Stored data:
################
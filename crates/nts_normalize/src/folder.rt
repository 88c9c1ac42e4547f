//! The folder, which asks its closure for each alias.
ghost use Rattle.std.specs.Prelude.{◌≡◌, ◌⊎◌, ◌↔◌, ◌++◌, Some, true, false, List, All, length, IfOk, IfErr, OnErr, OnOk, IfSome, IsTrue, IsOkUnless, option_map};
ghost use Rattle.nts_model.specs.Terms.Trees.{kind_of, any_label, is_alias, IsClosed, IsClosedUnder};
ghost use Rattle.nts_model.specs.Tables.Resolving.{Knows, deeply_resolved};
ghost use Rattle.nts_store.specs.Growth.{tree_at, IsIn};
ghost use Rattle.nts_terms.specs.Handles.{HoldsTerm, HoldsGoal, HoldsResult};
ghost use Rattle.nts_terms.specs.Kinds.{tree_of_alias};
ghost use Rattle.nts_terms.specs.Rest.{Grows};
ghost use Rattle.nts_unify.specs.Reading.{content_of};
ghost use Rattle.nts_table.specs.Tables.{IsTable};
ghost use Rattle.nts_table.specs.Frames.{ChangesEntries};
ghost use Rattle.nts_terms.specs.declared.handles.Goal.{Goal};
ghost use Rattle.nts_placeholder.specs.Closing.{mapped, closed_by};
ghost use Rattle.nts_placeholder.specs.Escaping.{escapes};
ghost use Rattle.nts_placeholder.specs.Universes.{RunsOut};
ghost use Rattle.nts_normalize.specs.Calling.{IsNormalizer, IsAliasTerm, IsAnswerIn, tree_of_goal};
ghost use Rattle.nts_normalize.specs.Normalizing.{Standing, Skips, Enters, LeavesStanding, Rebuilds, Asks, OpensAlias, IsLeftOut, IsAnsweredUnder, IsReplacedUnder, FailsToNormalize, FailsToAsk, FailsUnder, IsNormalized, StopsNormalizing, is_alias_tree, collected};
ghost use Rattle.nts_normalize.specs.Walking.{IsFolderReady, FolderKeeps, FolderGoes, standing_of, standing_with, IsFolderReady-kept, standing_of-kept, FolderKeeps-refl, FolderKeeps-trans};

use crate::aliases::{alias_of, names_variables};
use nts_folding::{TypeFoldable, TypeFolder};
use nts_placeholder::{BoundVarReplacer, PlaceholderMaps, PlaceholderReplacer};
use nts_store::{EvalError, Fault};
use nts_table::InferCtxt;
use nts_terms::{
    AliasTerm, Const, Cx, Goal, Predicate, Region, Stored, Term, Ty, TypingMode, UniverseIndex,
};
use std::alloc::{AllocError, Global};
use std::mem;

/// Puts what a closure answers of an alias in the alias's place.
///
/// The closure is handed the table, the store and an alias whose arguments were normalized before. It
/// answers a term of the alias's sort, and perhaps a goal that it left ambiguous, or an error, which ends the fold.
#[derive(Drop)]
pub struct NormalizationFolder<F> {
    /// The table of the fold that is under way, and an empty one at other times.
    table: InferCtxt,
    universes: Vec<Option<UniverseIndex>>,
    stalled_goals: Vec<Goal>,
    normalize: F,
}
################
> [Exercise aim]:
An exact copy of every line above is what this asks for.

> [Output for this exercise]:
filename crates/nts_normalize/src/folder.rt
repository 88c9c1ac42e4547f
//! The folder, which asks its closure for each alias.
ghost use Rattle.std.specs.Prelude.{◌≡◌, ◌⊎◌, ◌↔◌, ◌++◌, Some, true, false, List, All, length, IfOk, IfErr, OnErr, OnOk, IfSome, IsTrue, IsOkUnless, option_map};
ghost use Rattle.nts_model.specs.Terms.Trees.{kind_of, any_label, is_alias, IsClosed, IsClosedUnder};
ghost use Rattle.nts_model.specs.Tables.Resolving.{Knows, deeply_resolved};
ghost use Rattle.nts_store.specs.Growth.{tree_at, IsIn};
ghost use Rattle.nts_terms.specs.Handles.{HoldsTerm, HoldsGoal, HoldsResult};
ghost use Rattle.nts_terms.specs.Kinds.{tree_of_alias};
ghost use Rattle.nts_terms.specs.Rest.{Grows};
ghost use Rattle.nts_unify.specs.Reading.{content_of};
ghost use Rattle.nts_table.specs.Tables.{IsTable};
ghost use Rattle.nts_table.specs.Frames.{ChangesEntries};
ghost use Rattle.nts_terms.specs.declared.handles.Goal.{Goal};
ghost use Rattle.nts_placeholder.specs.Closing.{mapped, closed_by};
ghost use Rattle.nts_placeholder.specs.Escaping.{escapes};
ghost use Rattle.nts_placeholder.specs.Universes.{RunsOut};
ghost use Rattle.nts_normalize.specs.Calling.{IsNormalizer, IsAliasTerm, IsAnswerIn, tree_of_goal};
ghost use Rattle.nts_normalize.specs.Normalizing.{Standing, Skips, Enters, LeavesStanding, Rebuilds, Asks, OpensAlias, IsLeftOut, IsAnsweredUnder, IsReplacedUnder, FailsToNormalize, FailsToAsk, FailsUnder, IsNormalized, StopsNormalizing, is_alias_tree, collected};
ghost use Rattle.nts_normalize.specs.Walking.{IsFolderReady, FolderKeeps, FolderGoes, standing_of, standing_with, IsFolderReady-kept, standing_of-kept, FolderKeeps-refl, FolderKeeps-trans};

use crate::aliases::{alias_of, names_variables};
use nts_folding::{TypeFoldable, TypeFolder};
use nts_placeholder::{BoundVarReplacer, PlaceholderMaps, PlaceholderReplacer};
use nts_store::{EvalError, Fault};
use nts_table::InferCtxt;
use nts_terms::{
    AliasTerm, Const, Cx, Goal, Predicate, Region, Stored, Term, Ty, TypingMode, UniverseIndex,
};
use std::alloc::{AllocError, Global};
use std::mem;

/// Puts what a closure answers of an alias in the alias's place.
///
/// The closure is handed the table, the store and an alias whose arguments were normalized before. It
/// answers a term of the alias's sort, and perhaps a goal that it left ambiguous, or an error, which ends the fold.
#[derive(Drop)]
pub struct NormalizationFolder<F> {
    /// The table of the fold that is under way, and an empty one at other times.
    table: InferCtxt,
    universes: Vec<Option<UniverseIndex>>,
    stalled_goals: Vec<Goal>,
    normalize: F,
}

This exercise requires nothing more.